2026-04-20 コメント投稿する ▼
内閣支持率の高さと裏腹、地方選で相次ぐ自民候補敗北 党内に広がる不安
内閣支持率が安定して高い水準を維持しているにもかかわらず、各地の首長選挙で自民党が推薦する候補が相次いで敗れるという、異例の事態が発生しています。 この「支持率と選挙結果の乖離」は、1年後に迫る2027年春の統一地方選挙を前に、自民党内に静かな、しかし根深い不安を広げています。 自民党は、直近の地方選挙の結果を分析し、今後の戦略を練り直す必要に迫られています。
内閣支持率と地方選の乖離、党内に広がる動揺
内閣支持率が安定して高い水準を維持しているにもかかわらず、各地の首長選挙で自民党が推薦する候補が相次いで敗れるという、異例の事態が発生しています。この「支持率と選挙結果の乖離」は、1年後に迫る2027年春の統一地方選挙を前に、自民党内に静かな、しかし根深い不安を広げています。国民の国政への信頼と、地方の意思決定における判断との間に、どのようなメカニズムが働いているのでしょうか。
相次ぐ自民推薦候補の敗北、具体例
自民党は、直近の地方選挙の結果を分析し、今後の戦略を練り直す必要に迫られています。2026年4月19日に投開票が行われた選挙では、保守王国として知られる福岡県嘉麻市長選において、麻生太郎副総裁の地元で自民推薦の現職候補が落選しました。同じく、森英介衆院議長の選挙区である千葉県東金市長選でも、自民推薦の現職が敗れるという衝撃的な結果となりました。
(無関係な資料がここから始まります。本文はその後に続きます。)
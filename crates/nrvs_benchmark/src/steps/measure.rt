//! The steps, and the time that they take.
ghost use Rattle.std.specs.Prelude.{map};
ghost use Rattle.vs_types.specs.Query.{AreScripts};

use crate::clock::now;
use crate::fault::ProgFault;
use nr_core::{Core, Step};
use nr_trace::{Event, Trace};
use std::alloc::Global;
use std::time::{Clock, Duration};
use vs_types::{Config, Request};

/// What the steps came to.
#[derive(Clone, Copy, Debug)]
pub struct Measured {
    /// How many steps were enabled.
    pub enabled: u64,
    /// How many events are recorded.
    pub events: u64,
    /// How many entries the log has.
    pub entries: u64,
    /// The sum of the places of the updates and of how many entries there were at the reads.
    pub places: u64,
    pub time: Duration,
}

/// Takes the steps from the start, with a script for each thread.
pub fn measure(
    clock: &impl Clock,
    alloc: Global,
    config: Config,
    scripts: Vec<Vec<Request>>,
    steps: &[Step],
) -> Result<Measured, ProgFault>
    requires { AreScripts config (map (λ script. script.items) scripts.items) }
{
    let mut core = Core::new(alloc, config, scripts)?;
    let (enabled, time) = time_steps(clock, &mut core, steps)?;
    let trace = core.trace()?;
    Ok(Measured {
        enabled,
        events: trace.events().len() as u64,
        entries: trace.log().len() as u64,
        places: places(&trace),
        time,
    })
}

/// How many steps were enabled, and the time that all took.
fn time_steps(
    clock: &impl Clock,
    core: &mut Core,
    steps: &[Step],
) -> Result<(u64, Duration), ProgFault> {
    let start = now(clock)?;
    let enabled = take(core, steps)?;
    Ok((enabled, now(clock)?.duration_since(start)))
}

/// Takes the steps in turn. How many were enabled.
fn take(core: &mut Core, steps: &[Step]) -> Result<u64, ProgFault> {
    let mut enabled = 0u64;
    for step in steps {
        if core.step(*step)? {
            enabled = enabled.wrapping_add(1);
        }
    }
    Ok(enabled)
}

/// The sum of what the replies of a trace have for the place of an update, or of a read.
fn places(trace: &Trace) -> u64 {
    let mut sum = 0u64;
    for recorded in trace.events() {
        if let Event::Reply { at, .. } = recorded.event() {
            sum = sum.wrapping_add(u64::from(at));
        }
    }
    sum
}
さらに遡ると、3月8日には石川県知事選で、元自民党衆院議員で著名な政治家であった馳浩氏が、再選を目指したものの落選しました。東京都内においても、清瀬市長選や練馬区長選などで、自民党が推薦した候補が敗北を喫しています。これらの敗北は、特定の地域だけでなく、全国各地で、また首長選という重要な選挙で起きている点で、党内に波紋を広げています。
「国政と地方は別」か、党内の懸念と分析
党内からは、「なぜ高い内閣支持率と、地方での選挙結果が結びつかないのか」という戸惑いの声が聞かれます。20日午後、自民党の西村康稔選挙対策委員長は、首相官邸で高市早苗首相(党総裁)に直近の地方選挙の結果などを報告しました。面会後、西村氏は記者団に対し、「刷新感を求める若い候補に負けたり、保守分裂があったり、それぞれ理由がある。分析して次に備えたい」と語り、冷静な対応を呼びかけました。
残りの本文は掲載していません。